Smith shares, “I explained to my team that I was bringing a gift to them by expanding the team’s bandwidth with this talented vendor who can quickly put something in the market for us and that they would still be a part of the work and strategy.”

As you bring new ideas and methods to your new role, Hendery warns not to focus on your past organization. She advises, “You’ll want to do everything you did at your old place, but the minute you mention your old health system, people’s eyes will glaze over.”

Navigate Local Politics with Humility

For CMOs beginning in a smaller city or town, Hendery recommends paying attention to the local marketing ecosystem. Often, it’s relational, and in Hendery’s case, many of the local vendors were even relatives of co-workers. Cutting a local print or legacy vendor too fast can backfire, even when they’re ineffective. “I went to every community event I was invited to for the whole first year because I needed to understand the dynamics as I was uncoupling from those local agencies. It caused a big stir and could have taken me out very easily,” she says.

Remember Your Mission

Having a 60- or 90-day strategy helped all three panelists focus on why they were hired as CMO. While CMOs don’t treat patients, they are stewards of the brand, the voice of the community, and often the institution’s conscience. “We have a significant responsibility, and while our resources are limited, we have a pretty big budget, so it’s on us to make sure we spend that money as strategically and responsibly as possible,” says Chang.

Despite the challenges, the panelists agree that the hard work of being a new CMO is worthwhile. “Every day at work, I have a magic wand to do good things. I understand what patients and consumers want fixed, and we have incredible power as storytellers,” says Hendery.

Key Takeaways

  1. Deliver a point of view and plan within 60-90 days: “I made sure to have a plan to share within 60 days.
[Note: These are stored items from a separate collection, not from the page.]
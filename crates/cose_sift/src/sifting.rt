//! The items that can be read.
ghost use Rattle.std.specs.Prelude.{◌≡◌, ◌≢◌, ◌<◌, [], Ok, None, true, false};
ghost use Rattle.std.specs.Prelude.{IfOk, OnOk, IfErr, MatchBool};
ghost use Rattle.std.specs.Prelude.{◌⊎◌, ◌+◌};
ghost use Rattle.std.specs.Io.KnownBytes.{Keeps, Appends};
ghost use Rattle.ciborium_ll.specs.Device.{AppendsFront};
ghost use Rattle.ciborium_ll.specs.Views.{waiting_of, seen};
ghost use Rattle.ciborium_ll.specs.Views.{left_of};
ghost use Rattle.cose_sift.specs.Reading.{IsUntold};
ghost use Rattle.cose_sift.specs.Sifting.{Readably, IsUnreadable, Writes, Halts, status_of};
ghost use Rattle.cose_sift.specs.Taking.{IfKnown, failures_after, writer_failures};
ghost use Rattle.cbor_walk.specs.Walking.{IsOne};
ghost use Rattle.cose_sift.specs.declared.items.Halt.TheVariants as halt;
ghost use Rattle.cose_sift.specs.declared.sifting.Counts.{Counts};
ghost use Rattle.cose_sift.specs.declared.taking.Stop.TheVariants as stop;

use crate::items::{Halt, take_item};
use crate::lines::{write_end, write_left_out};
use crate::reading::is_readable;
use crate::taking::{Stop, Taking};
use crate::untagging::content_of;
use ciborium_ll::{Decoder, Read, Write};
use std::alloc::Global;

/// What is asked for.
#[derive(Debug, Clone, Copy, PartialEq, Eq)]
pub struct Options {
    /// The tags 61 and 55799 around an item are taken off.
    pub untag: bool,
    /// So many bytes an item may have, with those tags.
    pub max: usize,
}

/// How many items were written, and how many were left out.
#[derive(Debug, Clone, Copy, PartialEq, Eq)]
pub struct Counts {
    pub sifted: u64,
    pub dropped: u64,
}

impl Counts {
    /// One more; none past `u64::MAX`.
    fn and(self, is_sifted: bool) -> Result<Counts, Halt>
        ensures ok { IfOk result (λ c. MatchBool «is_sifted»
            ((c.sifted ≡ self.sifted + 1) × (c.dropped ≡ self.dropped))
            ((c.sifted ≡ self.sifted) × (c.dropped ≡ self.dropped + 1))) }
        ensures err { IfErr result (λ h. h ≡ halt.Decode stop.TooLong) }
    {
        let Counts { sifted, dropped } = self;
        if sifted == u64::MAX || dropped == u64::MAX {
            return Err(Halt::Decode(Stop::TooLong));
        }
        if is_sifted {
            return Ok(Counts {
                sifted: sifted + 1,
                dropped,
            });
        }
        Ok(Counts {
            sifted,
            dropped: dropped + 1,
        })
    }
}

/// What ends a run: the end of the input, if no byte of an item was taken.
fn ended(fault: Halt, from: usize, to: usize, counts: Counts) -> Result<Counts, Halt>
    ensures ok { IfOk result (λ c. (c ≡ «counts») × («fault» ≡ halt.Decode stop.End)
        × («to» ≡ «from»)) }
    ensures err { IfErr result (λ h. (h ≡ «fault»)
        × («fault» ≡ halt.Decode stop.End → «to» ≢ «from»)) }
{
    match fault {
        Halt::Decode(Stop::End) => {
            if to == from {
                return Ok(counts);
            }
            Err(fault)
        }
        _ => Err(fault),
    }
}

/// Hands on what the output holds back at the end of a run.
fn handed_on<W: Write>(counts: Counts, out: &mut W) -> Result<Counts, Halt>
    ensures ok { IfOk result (λ c. c ≡ counts) }
    ensures err { IfErr result (λ h. h ≡ halt.Write) }
    ensures out { Keeps (W.written out.old) (W.written out.new) }
    ensures handed { OnOk result (W.held out.new ≡ []) }
    ensures writer { W.failed out.new ≡ writer_failures result (W.failed out.old) }
{
    match out.flush() {
        Ok(()) => Ok(counts),
        Err(_) => Err(Halt::Write),
    }
}

/// Writes what is to be written of the item if that can be read, and says whether it was written.
fn pass<W: Write>(alloc: Global, untag: bool, item: &[u8], out: &mut W) -> Result<bool, Halt>
    requires { IsOne item.now }
    ensures ok { IfOk result (λ yes. MatchBool yes
        (Readably «untag» item.now (Appends (W.written out.old) (W.written out.new)))
        (IsUnreadable «untag» item.now × Keeps (W.written out.old) (W.written out.new))) }
    ensures err { IfErr result (λ h.
        (IsUntold h × Keeps (W.written out.old) (W.written out.new))
        ⊎ ((h ≡ halt.Write)
        × Readably «untag» item.now (AppendsFront (W.written out.old) (W.written out.new)))) }
    ensures writer { W.failed out.new ≡ writer_failures result (W.failed out.old) }
{
    let content = content_of(untag, item);
    match is_readable(alloc, content) {
        Ok(true) => {}
        Ok(false) => return Ok(false),
        Err(halt) => return Err(halt),
    }
    match out.write_all(content) {
        Ok(()) => Ok(true),
        Err(_) => Err(Halt::Write),
    }
}

/// Writes the items that have no more than `max` bytes and can be read, in order, byte for byte but
/// for the tags that are taken off, and a line for each of the others. Before it waits for input it
/// flushes, and at the end of the input.
///
/// # Errors
/// `Decode` if no item goes on where the input isn't at its end, and `Write`.
pub fn sift<R: Read, W: Write, E: Write>(
    alloc: Global,
    options: Options,
    decoder: &mut Decoder<R>,
    out: &mut W,
    lines: &mut E,
) -> Result<Counts, Halt>
    requires fresh { waiting_of decoder.old ≡ None }
    ensures ok { IfOk result (λ counts. IfKnown (left_of R.left decoder.old)
        (Writes «options» (W.written out.old) (W.written out.new) counts)) }
    ensures err { IfErr result (Halts «options» (seen R.Read decoder.old)
        (seen R.Read decoder.new) (W.written out.old) (W.written out.new)) }
    ensures failed { (seen R.Read decoder.new).failed
        ≡ failures_after result (seen R.Read decoder.old).failed }
    ensures writer { W.failed out.new ≡ writer_failures result (W.failed out.old) }
    ensures handed { OnOk result (W.held out.new ≡ []) }
{
    let mut taking = Taking::new(alloc, options.max);
    let mut counts = Counts {
        sifted: 0,
        dropped: 0,
    };
    'items: for _ in 0..u64::MAX {
        let at = decoder.offset();
        match take_item(alloc, &mut taking, decoder, out, lines) {
            Ok(()) => {}
            Err(halt) => match ended(halt, at, decoder.offset(), counts) {
                Ok(counts) => return handed_on(counts, out),
                Err(halt) => return Err(halt),
            },
        }
        let is_sifted = match taking.bytes() {
            Some(item) => match pass(alloc, options.untag, item, out) {
                Ok(yes) => yes,
                Err(halt) => return Err(halt),
            },
            None => false,
        };
        if !is_sifted {
            write_left_out(at, taking.bytes().is_none(), lines);
        }
        match counts.and(is_sifted) {
            Ok(more) => counts = more,
            Err(halt) => return Err(halt),
        }
        taking.restart();
    }
    Err(Halt::Decode(Stop::TooLong))
}

/// How a run ended, once what was written up to a stop is handed on.
fn stopped<W: Write>(end: Result<Counts, Halt>, out: &mut W) -> Result<Counts, Halt>
    ensures ok { OnOk «end» ((result ≡ «end») × (out.new ≡ out.old)) }
    ensures err { IfErr «end» (λ halt. IfOk result (λ counts. ⊥)) }
{
    let Err(halt) = end else {
        return end;
    };
    if out.flush().is_err() {
        return Err(Halt::Write);
    }
    Err(halt)
}

/// `sift`, and then the last line. The status is 0 if no item was left out, 1 if some were, and 4
/// if the run stopped. What was written is handed on before that line.
pub fn sift_told<R: Read, W: Write, E: Write>(
    alloc: Global,
    options: Options,
    decoder: &mut Decoder<R>,
    out: &mut W,
    lines: &mut E,
) -> u8
    requires fresh { waiting_of decoder.old ≡ None }
    ensures sifted { result < 2 → (counts : Counts) × (result ≡ status_of (Ok counts))
        × IfKnown (left_of R.left decoder.old)
        (Writes «options» (W.written out.old) (W.written out.new) counts) }
    ensures handed { result < 2 → W.held out.new ≡ [] }
    ensures writer { result < 2 → W.failed out.new ≡ W.failed out.old }
{
    let end = sift(alloc, options, decoder, out, lines);
    write_end(stopped(end, out), lines)
}
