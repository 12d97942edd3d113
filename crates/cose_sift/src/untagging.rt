//! The tags around an item that only say what it is.
ghost use Rattle.cbor_walk.specs.Walking.{IsOne};
ghost use Rattle.cose_sift.specs.Untagging.{Content};

use cose_rules::untagged;

/// What is written of an item: what is in such tags if they are taken off, and else all of it.
#[tactic(auto, using(crate::proofs::Untagged::one_within))]
pub fn content_of(untag: bool, item: &[u8]) -> &[u8]
    requires { IsOne item.now }
    ensures content { Content «untag» item.now result.now }
    ensures one { IsOne result.now }
{
    if untag { untagged(item) } else { item }
}
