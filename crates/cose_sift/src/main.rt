//! `cose-sift [--untag] [--max BYTES] [FILE]`: reads a CBOR sequence from FILE or standard input,
//! and writes the items that the gate can read to standard output, byte for byte, so that one that
//! it can't read doesn't stop it.
#![tactic(auto)]

mod arguments;
mod items;
mod laws;
mod lines;
mod reading;
mod sifting;
mod taking;
mod untagging;

use crate::arguments::{SiftArguments, sift_arguments};
use crate::sifting::{Options, sift_told};
use ciborium_ll::{Decoder, Io};
use cose_gate_command::{
    NOT_UTF8, NotRun, Usage, ended, open_input, page_for, read_in_blocks, words_of,
    write_in_blocks, write_page,
};
use cose_gate_program::Blocks;
use std::env;
use std::process::ExitCode;

/// What `--version` prints.
const VERSION: &str = "cose-sift 0.8\n";

/// What `-h` and `--help` print. `scripts/run.sh` takes it from here.
const HELP: &str = "\
usage: cose-sift [--untag] [--max BYTES] [FILE] < INPUT > SIFTED
Reads a CBOR sequence, and writes the items that cose-gate can read, byte for byte.
Any other item is left out, and so is one of more than BYTES bytes (1048576 if it is
left out), of which nothing is held.
--untag takes the tags 61 and 55799 around an item off, and writes what is in them.
FILE: the input; it is standard input if it is left out. Options may be anywhere.
On standard error: a line for each item that is left out, and at the end how many were
written and left out. What is written is out before the program waits for input.
Status 0: no item was left out. 1: some were. 2: wrong arguments. 3: FILE can't be read.
4: some bytes begin no item or end inside one, input or output failed, or it is out of
memory.
";

fn main(rt: HostRuntime) -> ExitCode {
    match words_of(rt.alloc(), env::args(&rt)) {
        Ok(words) => finish(&rt, start(&rt, words.as_slice()), Some(words.as_slice())),
        Err(why) => finish(&rt, Err(why), None),
    }
}

/// Says why a run with these arguments, if they can be read, didn't come to its end.
fn finish(rt: &HostRuntime, end: Result<u8, NotRun>, words: Option<&[String]>) -> ExitCode {
    let usage = Usage {
        line: "usage: cose-sift [--untag] [--max BYTES] [FILE]\n",
        program: "cose-sift",
        wrong: match words.map(sift_arguments) {
            Some(Err(wrong)) => wrong,
            _ => NOT_UTF8,
        },
    };
    ExitCode::from(ended(end, usage, &mut Io::new(rt.stderr())))
}

/// Runs the program, and returns its status.
fn start(rt: &HostRuntime, words: &[String]) -> Result<u8, NotRun> {
    if let Some(page) = page_for(words, HELP, VERSION) {
        return write_page(page, &mut Io::new(rt.stdout()));
    }
    match sift_arguments(words) {
        Ok(asked) => run(rt, asked),
        Err(_) => Err(NotRun::Usage),
    }
}

/// The run over FILE or standard input, and the other standard streams.
fn run(rt: &HostRuntime, asked: SiftArguments<'_>) -> Result<u8, NotRun> {
    let alloc = rt.alloc();
    let input = match open_input(rt, rt.stdin(), asked.file, &mut Io::new(rt.stderr())) {
        Ok(input) => read_in_blocks(alloc, input)?,
        Err(status) => return Ok(status),
    };
    let options = Options {
        untag: asked.untag,
        max: asked.max,
    };
    let mut out = write_in_blocks(alloc, rt.stdout())?;
    let mut lines = write_in_blocks(alloc, rt.stderr())?;
    let mut decoder = Decoder::from(Blocks::new(input));
    Ok(sift_told(alloc, options, &mut decoder, &mut out, &mut lines))
}
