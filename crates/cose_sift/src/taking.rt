//! One item of a sequence, taken head by head.
ghost use Rattle.std.specs.Prelude.{◌≡◌, ◌≢◌, ◌++◌, ◌<◌, ◌≤◌, ℕ, List, [], None, true, false};
ghost use Rattle.std.specs.Prelude.{OnOk, IfOk, IfErr, IfSome, IfNone, length, get_or, ◌+◌};
ghost use Rattle.ciborium_ll.specs.Seen.{Takes};
ghost use Rattle.ciborium_ll.specs.Title.{Title, StartsBad, bytes_after};
ghost use Rattle.ciborium_ll.specs.Views.{waiting_of, seen};
ghost use Rattle.cbor_walk.specs.Grammar.{Item};
ghost use Rattle.cbor_walk.specs.Walking.{Goes, IsNothing, IsSound};
ghost use Rattle.cose_sift.specs.Taking.{due_by, IsDue, Held, HeadFails, StepFails, stop_of};
ghost use Rattle.cose_sift.specs.Taking.{stopped_at, failures_of, most_of, DeepAt};
ghost use Rattle.cose_sift.specs.declared.taking.Stop.TheVariants.{Deep, Memory};

use cbor_walk::{Fault, Walk, body_of};
use ciborium_ll::{Decoder, Error, Header, Read};
use std::alloc::Global;

/// Open items inside one another that are counted whatever the longest length, and for how many of
/// its bytes one more is.
const LEVELS: usize = 256;

const LEVEL: usize = 16;

/// So many bytes of a string are taken at once, at most.
const PIECE: usize = 64;

/// Why an item doesn't go on.
#[derive(Debug, Clone, Copy, PartialEq, Eq)]
pub enum Stop {
    /// The byte at this offset, or the head there, is in no item.
    Syntax(usize),
    /// The input ends before a head.
    End,
    /// The input ends in a head, or in a string.
    Cut,
    /// More open items lie inside one another, or more items are due, than are counted.
    Deep,
    /// The input failed.
    Input,
    /// The offset would pass `usize::MAX`.
    TooLong,
    /// Out of memory.
    Memory,
}

/// An item as far as it was taken.
#[derive(Drop)]
pub struct Taking {
    walk: Walk,
    /// How many bytes of a string are due.
    body: usize,
    /// Its bytes; none if they are more than `max`.
    bytes: Vec<u8>,
    is_long: bool,
    max: usize,
}

/// Why a read failed; `end` if the input ended.
fn read_fault<R: Read>(error: Error<R::Error>, end: Stop) -> Stop
    ensures fault { result ≡ stop_of R.ends «end» error }
    ensures deep { «end» ≢ Deep → result ≢ Deep }
{
    match error {
        Error::Io(e) => { if R::is_end(&e) { end } else { Stop::Input } }
        Error::Syntax(at) => Stop::Syntax(at),
        Error::TooLong => Stop::TooLong,
        Error::Waiting => Stop::Input,
    }
}

/// Why the walk stopped at the head at this offset.
fn walk_fault(fault: Fault, at: usize) -> Stop
    ensures { result ≡ stopped_at at fault }
{
    match fault {
        Fault::Syntax => Stop::Syntax(at),
        Fault::Deep => Stop::Deep,
        Fault::Memory => Stop::Memory,
    }
}

/// How many bytes of a head follow its first one.
fn bytes_after(first: u8) -> usize
    ensures { result ≡ bytes_after first }
{
    match first % 32 {
        24 => 1,
        25 => 2,
        26 => 4,
        27 => 8,
        _ => 0,
    }
}

/// What a head says; nothing if these bytes, so many as the first one asks for, are none.
fn header_of(title: &[u8]) -> Option<Header>
    requires { length title.now ≡ 1 + bytes_after (get_or title.now 0 0) }
    ensures some { IfSome result (Title title.now) }
    ensures none { IfNone result (StartsBad title.now) }
{
    match Decoder::from(title).pull() {
        Ok(header) => Some(header),
        Err(_) => None,
    }
}

/// Takes the next head, and appends its bytes.
fn take_head<R: Read>(decoder: &mut Decoder<R>, title: &mut Vec<u8>) -> Result<Header, Stop>
    requires fresh { waiting_of decoder.old ≡ None }
    requires empty { title.old.items ≡ [] }
    ensures ok { IfOk result (λ header. Takes (seen R.Read decoder.old) (seen R.Read decoder.new)
        (λ x. (x ≡ title.new.items) × Title x header)) }
    ensures err { IfErr result (HeadFails (seen R.Read decoder.old) (seen R.Read decoder.new)) }
    ensures failed { (seen R.Read decoder.new).failed
        ≡ failures_of result (seen R.Read decoder.old).failed }
    ensures fresh { waiting_of decoder.new ≡ None }
{
    let at = decoder.offset();
    let mut first = [0; 1];
    match decoder.read_exact(&mut first) {
        Ok(()) => {}
        Err(error) => return Err(read_fault::<R>(error, Stop::End)),
    }
    let mut rest = [0; 8];
    let rest = &mut rest[..bytes_after(first[0])];
    match decoder.read_exact(rest) {
        Ok(()) => {}
        Err(error) => return Err(read_fault::<R>(error, Stop::Cut)),
    }
    if title.extend_from_slice(&first).is_err() || title.extend_from_slice(rest).is_err() {
        return Err(Stop::Memory);
    }
    match header_of(title) {
        Some(header) => Ok(header),
        None => Err(Stop::Syntax(at)),
    }
}

impl Taking {
    /// Before an item, of which so many bytes are kept.
    pub fn new(alloc: Global, max: usize) -> Taking
        ensures starts { Goes Item (due_by result) [] }
        ensures due { IsDue result }
        ensures held { Held result [] }
        ensures max { result.max ≡ «max» }
        ensures sound { IsSound result.walk }
        ensures most { result.walk.most ≡ most_of «max» }
    {
        Taking {
            walk: Walk::new(alloc, LEVELS + max / LEVEL),
            body: 0,
            bytes: Vec::new(alloc),
            is_long: false,
            max,
        }
    }

    /// Before the next item.
    pub fn restart(&mut self)
        ensures starts { Goes Item (due_by self.new) [] }
        ensures due { IsDue self.new }
        ensures held { Held self.new [] }
        ensures max { self.new.max ≡ self.old.max }
        ensures sound { IsSound self.new.walk }
        ensures most { self.new.walk.most ≡ self.old.walk.most }
    {
        self.walk.restart();
        self.body = 0;
        self.bytes.clear();
        self.is_long = false;
    }

    /// Whether the item is whole.
    pub fn is_done(&self) -> bool
        ensures done { result ≡ true → Goes (due_by self.now) IsNothing [] }
        ensures due { result ≡ false → IsDue self.now }
    {
        self.body == 0 && self.walk.is_done()
    }

    /// Its bytes, unless they are more than are kept.
    pub fn bytes(&self) -> Option<&[u8]>
        ensures some { IfSome result (λ b. (self.now.is_long ≡ false)
            × (b.now ≡ self.now.bytes.items)) }
        ensures none { IfNone result (self.now.is_long ≡ true) }
    {
        if self.is_long {
            return None;
        }
        Some(self.bytes.as_slice())
    }

    /// Keeps more bytes of it.
    fn keep(&mut self, more: &[u8]) -> Result<(), Stop>
        ensures ok { OnOk result ((x : List ℕ) → Held self.old x
            → Held self.new (x ++ more.now)) }
        ensures err { IfErr result (λ stop. stop ≡ Memory) }
        ensures walk { self.new.walk ≡ self.old.walk }
        ensures body { self.new.body ≡ self.old.body }
        ensures max { self.new.max ≡ self.old.max }
    {
        if self.is_long {
            return Ok(());
        }
        if more.len() > self.max.saturating_sub(self.bytes.len()) {
            self.bytes.clear();
            self.is_long = true;
            return Ok(());
        }
        match self.bytes.extend_from_slice(more) {
            Ok(()) => Ok(()),
            Err(_) => Err(Stop::Memory),
        }
    }

    /// Takes a head, or bytes of a string. It waits for input only if fewer than nine bytes are at
    /// hand.
    ///
    /// # Errors
    /// See `Stop`.
    pub fn step<R: Read>(&mut self, alloc: Global, decoder: &mut Decoder<R>) -> Result<(), Stop>
        requires due { IsDue self.old }
        requires fresh { waiting_of decoder.old ≡ None }
        ensures ok { OnOk result (Takes (seen R.Read decoder.old) (seen R.Read decoder.new)
            (λ x. Goes (due_by self.old) (due_by self.new) x
            × ((y : List ℕ) → Held self.old y → Held self.new (y ++ x)))) }
        ensures err { IfErr result (StepFails (due_by self.old)
            (seen R.Read decoder.old) (seen R.Read decoder.new)) }
        ensures failed { (seen R.Read decoder.new).failed
            ≡ failures_of result (seen R.Read decoder.old).failed }
        ensures fresh { waiting_of decoder.new ≡ None }
        ensures max { self.new.max ≡ self.old.max }
        ensures sound { OnOk result (IsSound self.old.walk → IsSound self.new.walk) }
        ensures deep { IsSound self.old.walk → IfErr result (DeepAt (due_by self.old)
            self.old.walk.most (seen R.Read decoder.old) (seen R.Read decoder.new)) }
        ensures most { self.new.walk.most ≡ self.old.walk.most }
    {
        if self.body > 0 {
            return self.take_body(decoder);
        }
        let at = decoder.offset();
        let mut title = Vec::new(alloc);
        let header = match take_head(decoder, &mut title) {
            Ok(header) => header,
            Err(stop) => return Err(stop),
        };
        match self.walk.take(header) {
            Ok(()) => {}
            Err(fault) => return Err(walk_fault(fault, at)),
        }
        self.body = body_of(header);
        self.keep(title.as_slice())
    }

    /// Takes bytes of a string: of those at hand, or one.
    fn take_body<R: Read>(&mut self, decoder: &mut Decoder<R>) -> Result<(), Stop>
        requires due { 0 < self.old.body }
        requires fresh { waiting_of decoder.old ≡ None }
        ensures ok { OnOk result (Takes (seen R.Read decoder.old) (seen R.Read decoder.new)
            (λ x. Goes (due_by self.old) (due_by self.new) x
            × ((y : List ℕ) → Held self.old y → Held self.new (y ++ x)))) }
        ensures err { IfErr result (StepFails (due_by self.old)
            (seen R.Read decoder.old) (seen R.Read decoder.new)) }
        ensures failed { (seen R.Read decoder.new).failed
            ≡ failures_of result (seen R.Read decoder.old).failed }
        ensures fresh { waiting_of decoder.new ≡ None }
        ensures max { self.new.max ≡ self.old.max }
        ensures walk { self.new.walk ≡ self.old.walk }
        ensures deep { IfErr result (λ stop. stop ≢ Deep) }
    {
        let mut piece = [0; PIECE];
        let len = decoder.held().len().clamp(1, PIECE).min(self.body);
        let piece = &mut piece[..len];
        match decoder.read_exact(piece) {
            Ok(()) => {}
            Err(error) => return Err(read_fault::<R>(error, Stop::Cut)),
        }
        self.body -= len;
        self.keep(piece)
    }
}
That was burned into my brain.” — Kathy Smith
  2. Map the power structure: “You have to understand where the power structure lies and who has influence, and you can’t really find that out unless you’re listening, observing, and asking.” — Andrew Chang
  3. Win fast, visibly: “Quick wins are absolutely essential. It might be something really small like ordering better swag, but you’ve got to deliver quickly.” — Andrew Chang
  4. Audit the team carefully and diplomatically: Kathy Smith hired a third-party assessor to talk to the team and executives, so she wasn’t relying solely on her own observations. How you handle team assessment early on sets the tone.
  5. Ask, listen, adjust: “Before I presented my 60-day plan, I had already vetted it with as many people as I could to ask if it makes sense and if we are aligned.” — Kathy Smith
  6. Stay strategic amid chaos: “We had a crisis this morning, but even that rolls up to our overarching initiative of protecting and advancing our reputation. It’s not specifically called out on the plan, but it obviously fits the plan.” — Andrew Chang
  7. Lead with heart: “Marketing should be joyous. I empowered people, cheered them on, and gave them permission to do great work because that’s what we’re here for.” — Suzanne Hendery 

As owner of Sparkr Marketing, Wendy Margolin helps busy health care marketing communications teams create more content. She’s on a mission to build a better medical web, one article at a time. Her favorite form of content is hospital brand journalism, which ties together her 25-year career in journalism, marketing, and health care.